* Data excerpts
== Segment start ==

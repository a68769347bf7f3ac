//! What holds of every history of calls on tickets.
ghost use Rattle.ticket.specs.Truth.{TicketsTellTheTruth};

use joining::Joining;

/// On a board that is reached through its tickets alone, each ticket that is out tells the truth
/// of its station's view, so that no call is refused for being out of turn.
pub fn tickets_tell_the_truth<V: Joining>()
    ensures { TicketsTellTheTruth V.Joining }
{}
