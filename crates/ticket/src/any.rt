//! What a ticket of any kind may do, which is what every ticket may.
ghost use Rattle.std.specs.Prelude.{◌≡◌, Some, None, ⊤, IfOk, OnOk, IsOk, MatchResult};
ghost use Rattle.calls.specs.declared.actions.Action.TheVariants.{Register, Drop, View as AskView};
ghost use Rattle.calls.specs.declared.actions.Answer.TheVariants.{Registered, Dropped, Viewed};
ghost use Rattle.board.specs.Board.{as_answer, board_step};
ghost use Rattle.ticket_kinds.specs.Kinds.{newcomer_kind};
ghost use Rattle.ticket.specs.Calls.{by_number, kind_in, station_in, IsTicket};
ghost use Rattle.ticket.specs.Truth.{Truthful, Keeps};

use crate::ticket_board::TicketBoard;
use crate::tickets::AnyTicket;
use accumulator::Accumulator;
use calls::{Mode, View};
use refusal::Refusal;

impl AnyTicket {
    /// The station that it is for.
    pub fn station(&self) -> u8
        ensures { result ≡ station_in self.now }
    {
        match self {
            AnyTicket::Open(ticket) => ticket.station(),
            AnyTicket::Signed(ticket) => ticket.station(),
            AnyTicket::SignOnly(ticket) => ticket.station(),
            AnyTicket::WaitOnly(ticket) => ticket.station(),
        }
    }

    /// Brings in another station with the counts of its own, and answers them with the newcomer's
    /// ticket.
    pub fn register<A: Accumulator>(
        &self,
        board: &mut TicketBoard<A>,
        other: u8,
        mode: Mode,
    ) -> Result<(u32, u32, AnyTicket), Refusal>
        ensures result { (as_answer (λ c. Registered c.0 c.1) result, board.new)
            ≡ board_step A.Value.Joining A.changes board.old (station_in self.now) (Register other mode) }
        ensures ticket { IfOk result (λ c. IsTicket (newcomer_kind (kind_in self.now) mode) other c.2) }
        ensures keeps { Keeps board.old.state (station_in self.now) (kind_in self.now) (Some (kind_in self.now)) result board.new.state }
        ensures enters { Truthful board.old.state (station_in self.now) (kind_in self.now) →
            OnOk result (Truthful board.new.state other (newcomer_kind (kind_in self.now) mode)) }
    {
        match self {
            AnyTicket::Open(ticket) => ticket.register(board, other, mode),
            AnyTicket::Signed(ticket) => ticket.register(board, other, mode),
            AnyTicket::SignOnly(ticket) => ticket.register(board, other, mode),
            AnyTicket::WaitOnly(ticket) => ticket.register(board, other, mode),
        }
    }

    /// Removes its station, which ends it. A ticket that tells the truth is never refused.
    pub fn drop<A: Accumulator>(
        self,
        board: &mut TicketBoard<A>,
    ) -> Result<(), (Refusal, AnyTicket)>
        ensures result { (as_answer (λ _. Dropped) (by_number result), board.new)
            ≡ board_step A.Value.Joining A.changes board.old (station_in self) Drop }
        ensures ticket { MatchResult result (λ _. ⊤) (λ e. e.1 ≡ self) }
        ensures keeps { Keeps board.old.state (station_in self) (kind_in self) None (by_number result) board.new.state }
        ensures ends { Truthful board.old.state (station_in self) (kind_in self) → IsOk result }
    {
        match self {
            AnyTicket::Open(ticket) => ticket
                .drop(board)
                .map_err(|(refusal, ticket)| (refusal, AnyTicket::Open(ticket))),
            AnyTicket::Signed(ticket) => ticket
                .drop(board)
                .map_err(|(refusal, ticket)| (refusal, AnyTicket::Signed(ticket))),
            AnyTicket::SignOnly(ticket) => ticket
                .drop(board)
                .map_err(|(refusal, ticket)| (refusal, AnyTicket::SignOnly(ticket))),
            AnyTicket::WaitOnly(ticket) => ticket
                .drop(board)
                .map_err(|(refusal, ticket)| (refusal, AnyTicket::WaitOnly(ticket))),
        }
    }

    /// The view of its station.
    pub fn view<A: Accumulator>(&self, board: &TicketBoard<A>) -> Result<View, Refusal>
        ensures result { (as_answer Viewed result, board.now)
            ≡ board_step A.Value.Joining A.changes board.now (station_in self.now) AskView }
        ensures keeps { Keeps board.now.state (station_in self.now) (kind_in self.now) (Some (kind_in self.now)) result board.now.state }
    {
        match self {
            AnyTicket::Open(ticket) => ticket.view(board),
            AnyTicket::Signed(ticket) => ticket.view(board),
            AnyTicket::SignOnly(ticket) => ticket.view(board),
            AnyTicket::WaitOnly(ticket) => ticket.view(board),
        }
    }
}
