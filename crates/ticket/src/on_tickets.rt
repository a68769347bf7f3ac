//! The calls on tickets. Each answers as the call by number does, on every board.
ghost use Rattle.std.specs.Prelude.{◌≡◌, Some, None, ⊤, IfOk, OnOk, IsOk, MatchResult};
ghost use Rattle.calls.specs.declared.actions.Action.TheVariants.{Register, Signal, Wait, Drop, Send, Result as AskResult, View as AskView};
ghost use Rattle.calls.specs.declared.actions.Answer.TheVariants.{Registered, Signaled, Observed, Dropped, Sent, Total, Viewed};
ghost use Rattle.phaser.specs.State.{seat};
ghost use Rattle.phaser.specs.Rules.{view_after_wait};
ghost use Rattle.phaser.specs.Steps.{view_of};
ghost use Rattle.board.specs.Board.{as_answer, board_step};
ghost use Rattle.board.specs.Holders.{holders_of, WaitsFor};
ghost use Rattle.ticket_kinds.specs.Kinds.{newcomer_kind};
ghost use Rattle.ticket.specs.Calls.{by_number, without_ticket, IsTicket, ComesBack};
ghost use Rattle.ticket.specs.Truth.{Truthful, Keeps};

use crate::ticket_board::TicketBoard;
use crate::tickets::{AnyTicket, Ticket};
use accumulator::Accumulator;
use calls::{Mode, View};
use refusal::Refusal;
use ticket_kinds::{MayRead, MaySend, MaySign, MayWait, TicketKind};

// Each call is promised as one equation with the call by number (`result`), and says what it does
// to the truth of tickets (`keeps`).
impl<K: TicketKind> Ticket<K> {
    /// Brings in another station with the counts of its own, and answers them with the newcomer's
    /// ticket.
    pub fn register<A: Accumulator>(
        &self,
        board: &mut TicketBoard<A>,
        other: u8,
        mode: Mode,
    ) -> Result<(u32, u32, AnyTicket), Refusal>
        ensures result { (as_answer (λ c. Registered c.0 c.1) result, board.new)
            ≡ board_step A.Value.Joining A.changes board.old self.now (Register other mode) }
        ensures ticket { IfOk result (λ c. IsTicket (newcomer_kind K.kind mode) other c.2) }
        ensures keeps { Keeps board.old.state self.now K.kind (Some K.kind) result board.new.state }
        ensures enters { Truthful board.old.state self.now K.kind →
            OnOk result (Truthful board.new.state other (newcomer_kind K.kind mode)) }
    {
        let (sp, wp) = board.board.register(self.station(), other, mode)?;
        let ticket = AnyTicket::new(K::kind().newcomer(mode), other);
        Ok((sp, wp, ticket))
    }

    /// Removes its station, which ends it. A ticket that tells the truth is never refused.
    pub fn drop<A: Accumulator>(
        self,
        board: &mut TicketBoard<A>,
    ) -> Result<(), (Refusal, Ticket<K>)>
        ensures result { (as_answer (λ _. Dropped) (by_number result), board.new)
            ≡ board_step A.Value.Joining A.changes board.old self Drop }
        ensures ticket { MatchResult result (λ _. ⊤) (λ e. e.1 ≡ self) }
        ensures keeps { Keeps board.old.state self K.kind None (by_number result) board.new.state }
        ensures ends { Truthful board.old.state self K.kind → IsOk result }
    {
        match board.board.drop(self.station()) {
            Ok(()) => {
                self.end();
                Ok(())
            }
            Err(refusal) => Err((refusal, self)),
        }
    }

    /// The view of its station.
    pub fn view<A: Accumulator>(&self, board: &TicketBoard<A>) -> Result<View, Refusal>
        ensures result { (as_answer Viewed result, board.now)
            ≡ board_step A.Value.Joining A.changes board.now self.now AskView }
        ensures keeps { Keeps board.now.state self.now K.kind (Some K.kind) result board.now.state }
    {
        board.board.view(self.station())
    }
}

impl<K: MaySign> Ticket<K> {
    /// Raises the passes that its station has signed by one, and answers them with the station's
    /// next ticket.
    pub fn sign<A: Accumulator>(
        self,
        board: &mut TicketBoard<A>,
    ) -> Result<(u32, Ticket<K::Next>), (Refusal, Ticket<K>)>
        ensures result { (as_answer Signaled (without_ticket result), board.new)
            ≡ board_step A.Value.Joining A.changes board.old self Signal }
        ensures ticket { ComesBack self result }
        ensures keeps { Keeps board.old.state self K.kind (Some K.Next.kind) (without_ticket result) board.new.state }
    {
        let answer = board.board.signal(self.station());
        self.hand_over(answer)
    }
}

impl<K: MayWait> Ticket<K> {
    /// Raises the passes that its station has observed by one, and answers them with the
    /// station's next ticket.
    pub fn wait<A: Accumulator>(
        self,
        board: &mut TicketBoard<A>,
    ) -> Result<(u32, Ticket<K::Next>), (Refusal, Ticket<K>)>
        ensures result { (as_answer Observed (without_ticket result), board.new)
            ≡ board_step A.Value.Joining A.changes board.old self Wait }
        ensures ticket { ComesBack self result }
        ensures keeps { Keeps board.old.state self K.kind (Some K.Next.kind) (without_ticket result) board.new.state }
    {
        let answer = board.board.wait(self.station());
        self.hand_over(answer)
    }

    /// The stations that its station waits for, as a set with its count: bit k is station k's.
    pub fn holders<A: Accumulator>(&self, board: &TicketBoard<A>) -> Result<(u64, u32), Refusal>
        ensures answer { result ≡ holders_of board.now.state.members self.now }
        ensures who { let after = view_after_wait (view_of (seat board.now.state self.now)) in
            IfOk result (λ h. WaitsFor board.now.state.members after h.0) }
    {
        board.board.holders(self.station())
    }
}

impl<K: MaySend> Ticket<K> {
    /// Takes a value for the pass that its station signs next, and answers that pass.
    pub fn send<A: Accumulator>(
        &self,
        board: &mut TicketBoard<A>,
        value: A::Value,
    ) -> Result<u32, Refusal>
        ensures result { (as_answer Sent result, board.new)
            ≡ board_step A.Value.Joining A.changes board.old self.now (Send value) }
        ensures keeps { Keeps board.old.state self.now K.kind (Some K.kind) result board.new.state }
    {
        board.board.send(self.station(), value)
    }
}

impl<K: MayRead> Ticket<K> {
    /// The last pass that its station has observed, and its total.
    pub fn result<A: Accumulator>(&self, board: &TicketBoard<A>) -> Result<(u32, A::Value), Refusal>
        ensures result { (as_answer (λ t. Total t.0 t.1) result, board.now)
            ≡ board_step A.Value.Joining A.changes board.now self.now AskResult }
        ensures keeps { Keeps board.now.state self.now K.kind (Some K.kind) result board.now.state }
    {
        board.board.result(self.station())
    }
}
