//! A board that is reached through its tickets alone.
ghost use Rattle.std.specs.Prelude.{◌≡◌, ℕ, [], Ok};
ghost use Rattle.refusal.specs.Rules.{verdict};
ghost use Rattle.accumulator.specs.Meaning.{new_meaning};
ghost use Rattle.phaser.specs.Law.{RecordOf};
ghost use Rattle.board.specs.Entry.{board_rules};
ghost use Rattle.board.specs.Board.{new_state_on};
ghost use Rattle.ticket_kinds.specs.Kinds.{first_kind};
ghost use Rattle.ticket.specs.Calls.{IsTicket};
ghost use Rattle.ticket.specs.Truth.{Truthful};

use crate::tickets::AnyTicket;
use accumulator::Accumulator;
use board::Board;
use calls::Mode;
use refusal::Refusal;
use std::marker::Model;
use ticket_kinds::Kind;

/// A board whose calls are made on tickets, and by no number.
#[derive(Drop)]
pub struct TicketBoard<A: Accumulator> {
    pub(crate) board: Board<A>,
}

impl<A: Accumulator> Model for TicketBoard<A> {
    ghost use Rattle.board.specs.Board.{WholeBoard};

    ghost Value = { WholeBoard A.Value };

    ghost view = { λ b. b.board };
}

impl<A: Accumulator> TicketBoard<A> {
    /// Whether `new` can be called: it refuses a first member that is no station.
    pub fn trial(first: u8) -> Result<(), Refusal>
        ensures { result ≡ verdict (board_rules first) }
    {
        Board::<A>::trial(first)
    }

    /// A board whose only member has signed and observed nothing, and that member's ticket.
    pub fn new(first: u8, mode: Mode, accumulator: A) -> (TicketBoard<A>, AnyTicket)
        requires { verdict (board_rules first) ≡ Ok tt }
        ensures board { result.0
            ≡ record { state = new_state_on first mode (A.meaning accumulator); cells = A.cells accumulator } }
        ensures record { (limit : ℕ) → A.meaning accumulator ≡ new_meaning A.Value.Joining limit →
            RecordOf A.Value.Joining first mode limit [] result.0.state }
        ensures ticket { IsTicket (first_kind mode) first result.1 }
        ensures truth { Truthful result.0.state first (first_kind mode) }
    {
        let board = Board::new(first, mode, accumulator);
        (
            TicketBoard { board },
            AnyTicket::new(Kind::first(mode), first),
        )
    }
}
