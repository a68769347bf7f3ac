//! Tickets: callers hold one in place of a station's number, and its type says what the station
//! may do next.

#![tactic(auto)]

mod any;
mod law;
mod on_tickets;
mod ticket_board;
mod tickets;

pub use law::tickets_tell_the_truth;
pub use ticket_board::TicketBoard;
pub use tickets::{AnyTicket, Ticket};
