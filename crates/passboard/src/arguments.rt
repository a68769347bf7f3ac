//! The options, and the board that they ask for.
ghost use Rattle.std.specs.Prelude.{◌≡◌, IfSome};
ghost use Rattle.clap.specs.Words.{found_of};
ghost use Rattle.passboard.specs.Options.{keeping_named, kind_named, AskedFor};

use calls::Mode;
use clap::{Arg, ArgAction, ArgMatches, Command, value_parser};
use std::alloc::{AllocError, Global};
use steptext::mode;

static MODES: [&str; 3] = ["SW", "SO", "WO"];

static KEEPINGS: [&str; 2] = ["eager", "lazy"];

static KINDS: [&str; 5] = ["coil", "length", "marks", "toggles", "extremes"];

const ABOUT: &str = "\
Makes a pass board and answers, line by line, the calls that it reads from standard input.";

const DETAILS: &str = "\
Lines:
  register STATION NEWCOMER MODE          brings in a station, in mode SW, SO or WO
  signal STATION                          signs the station's next pass
  wait STATION                            observes its next pass
  drop STATION                            the station leaves
  send STATION LENGTH DEVIATION MARKS     a reading for the pass that it signs next
  result STATION                          the last pass that it observed, and its total
  view STATION                            its mode, and the passes signed and observed
  holders STATION                         how many stations it waits for, and which
  compare STATION STATION                 whether the first view happened before the second,
                                          and the second before the first
Blank lines and lines that begin with # are skipped. A wrong line is told on standard error and
skipped.

Status: 0 at the end of the input, 1 for a wrong option, a board that cannot be made, a reader or
writer that failed, and with --strict a wrong line.

Example:
  printf 'register 0 1 SW\\nsignal 0\\nwait 0\\n' | passboard";

/// Which accumulator keeps the totals.
#[derive(Clone, Copy, Debug, PartialEq, Eq)]
pub(crate) enum Keeping {
    Eager,
    Lazy,
}

/// The kind of value that a send's reading enters as.
#[derive(Clone, Copy, Debug, PartialEq, Eq)]
pub(crate) enum Kind {
    Coil,
    Length,
    Marks,
    Toggles,
    Extremes,
}

/// The accumulator of that name.
pub(crate) fn keeping_named(name: &str) -> Option<Keeping>
    ensures { result ≡ keeping_named name.now }
{
    match name {
        "eager" => Some(Keeping::Eager),
        "lazy" => Some(Keeping::Lazy),
        _ => None,
    }
}

/// The kind of that name.
pub(crate) fn kind_named(name: &str) -> Option<Kind>
    ensures { result ≡ kind_named name.now }
{
    match name {
        "coil" => Some(Kind::Coil),
        "length" => Some(Kind::Length),
        "marks" => Some(Kind::Marks),
        "toggles" => Some(Kind::Toggles),
        "extremes" => Some(Kind::Extremes),
        _ => None,
    }
}

/// How a board is made and spoken to.
#[derive(Clone, Copy, Debug, PartialEq, Eq)]
pub(crate) struct Options {
    pub(crate) first: u8,
    pub(crate) mode: Mode,
    pub(crate) limit: usize,
    pub(crate) keeping: Keeping,
    pub(crate) kind: Kind,
    // Given or not, as it stands on the command line.
    pub(crate) strict: bool,
}

/// An option with a value, and what stands for it where it is not given.
fn valued<'a>(
    heap: Global,
    name: &'a str,
    value: &'a str,
    default: &'a str,
    help: &'a str,
) -> Arg<'a> {
    Arg::new(heap, name)
        .long(name)
        .value_name(value)
        .default_value(default)
        .help(help)
}

/// The program with its options.
pub(crate) fn command<'a>(heap: Global) -> Result<Command<'a>, AllocError> {
    let first = valued(
        heap,
        "first",
        "STATION",
        "0",
        "The station that makes the board",
    );
    let mode = valued(heap, "mode", "MODE", "SW", "Its mode");
    let limit = valued(
        heap,
        "limit",
        "N",
        "64",
        "How many stations, from number 0 on, may send",
    );
    let keeping = valued(
        heap,
        "accumulator",
        "NAME",
        "eager",
        "What keeps the totals",
    );
    let kind = valued(
        heap,
        "value",
        "KIND",
        "coil",
        "The part of a reading that a send takes",
    );
    let strict = Arg::new(heap, "strict")
        .long("strict")
        .action(ArgAction::SetTrue)
        .help("End with status 1 at the first wrong line");
    Command::new(heap, "passboard")
        .about(ABOUT)
        .after_help(DETAILS)
        .arg(first.value_parser(value_parser!(u8)))?
        .arg(mode.value_parser(MODES.as_slice()))?
        .arg(limit.value_parser(value_parser!(usize)))?
        .arg(keeping.value_parser(KEEPINGS.as_slice()))?
        .arg(kind.value_parser(KINDS.as_slice()))?
        .arg(strict)
}

/// The options, given or not. None where one has no value, which a parse does not let through.
pub(crate) fn options_of(matches: &ArgMatches<'_>) -> Option<Options>
    ensures { IfSome result (AskedFor (found_of matches.now)) }
{
    Some(Options {
        first: matches.get_one("first")?,
        mode: mode(matches.get_str("mode")?)?,
        limit: matches.get_one("limit")?,
        keeping: keeping_named(matches.get_str("accumulator")?)?,
        kind: kind_named(matches.get_str("value")?)?,
        strict: matches.get_flag("strict"),
    })
}
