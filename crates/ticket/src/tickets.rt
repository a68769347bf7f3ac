//! A ticket: a station's number that is moved. None can be copied, made elsewhere or let go.
ghost use Rattle.std.specs.Prelude.{◌≡◌};
ghost use Rattle.ticket.specs.Calls.{without_ticket, IsTicket, ComesBack};

use refusal::Refusal;
use std::marker::{Model, PhantomData};
use ticket_kinds::{Kind, Open, SignOnly, Signed, TicketKind, WaitOnly};

/// A ticket of a kind, for a station: a plain number, as the kind is no data. It names no board.
#[repr(transparent)]
pub struct Ticket<K: TicketKind> {
    station: u8,
    kind: PhantomData<K>,
}

impl<K: TicketKind> Model for Ticket<K> {
    ghost use Rattle.std.specs.Prelude.{ℕ};

    ghost Value = { ℕ };

    ghost view = { λ t. t.station };
}

/// A ticket of any kind, as it is handed to who enters.
pub enum AnyTicket {
    Open(Ticket<Open>),
    Signed(Ticket<Signed>),
    SignOnly(Ticket<SignOnly>),
    WaitOnly(Ticket<WaitOnly>),
}

impl<K: TicketKind> Ticket<K> {
    /// The ticket of a station.
    pub(crate) fn new(station: u8) -> Ticket<K>
        ensures { result ≡ station }
    {
        Ticket {
            station,
            kind: PhantomData,
        }
    }

    /// The station that it is for.
    pub fn station(&self) -> u8
        ensures { result ≡ self.now }
    {
        self.station
    }

    /// Its answer with the station's next ticket, or its refusal with the ticket itself.
    pub(crate) fn hand_over<N: TicketKind>(
        self,
        answer: Result<u32, Refusal>,
    ) -> Result<(u32, Ticket<N>), (Refusal, Ticket<K>)>
        ensures answer { without_ticket result ≡ answer }
        ensures ticket { ComesBack self result }
    {
        match answer {
            Ok(count) => {
                let next = Ticket::new(self.station);
                self.end();
                Ok((count, next))
            }
            Err(refusal) => Err((refusal, self)),
        }
    }

    /// Takes it out of use.
    pub(crate) fn end(self) {
        let Ticket {
            station: _,
            kind: _,
        } = self;
    }
}

impl AnyTicket {
    /// The ticket of a kind for a station.
    pub(crate) fn new(kind: Kind, station: u8) -> AnyTicket
        ensures { IsTicket kind station result }
    {
        match kind {
            Kind::Open => AnyTicket::Open(Ticket::new(station)),
            Kind::Signed => AnyTicket::Signed(Ticket::new(station)),
            Kind::SignOnly => AnyTicket::SignOnly(Ticket::new(station)),
            Kind::WaitOnly => AnyTicket::WaitOnly(Ticket::new(station)),
        }
    }
}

== Segment end ==

* To do
Check every line of the records, and copy the ones that hold the word "Prelude".

* Task response
ghost use Rattle.std.specs.Prelude.{◌≡◌, Some, None, ⊤, IfOk, OnOk, IsOk, MatchResult};
ghost use Rattle.std.specs.Prelude.{◌≡◌, Some, None, ⊤, IfOk, OnOk, IsOk, MatchResult};
ghost use Rattle.std.specs.Prelude.{◌≡◌, ℕ, [], Ok};
ghost use Rattle.std.specs.Prelude.{◌≡◌, IfSome};
ghost use Rattle.std.specs.Prelude.{◌≡◌};
    ghost use Rattle.std.specs.Prelude.{ℕ};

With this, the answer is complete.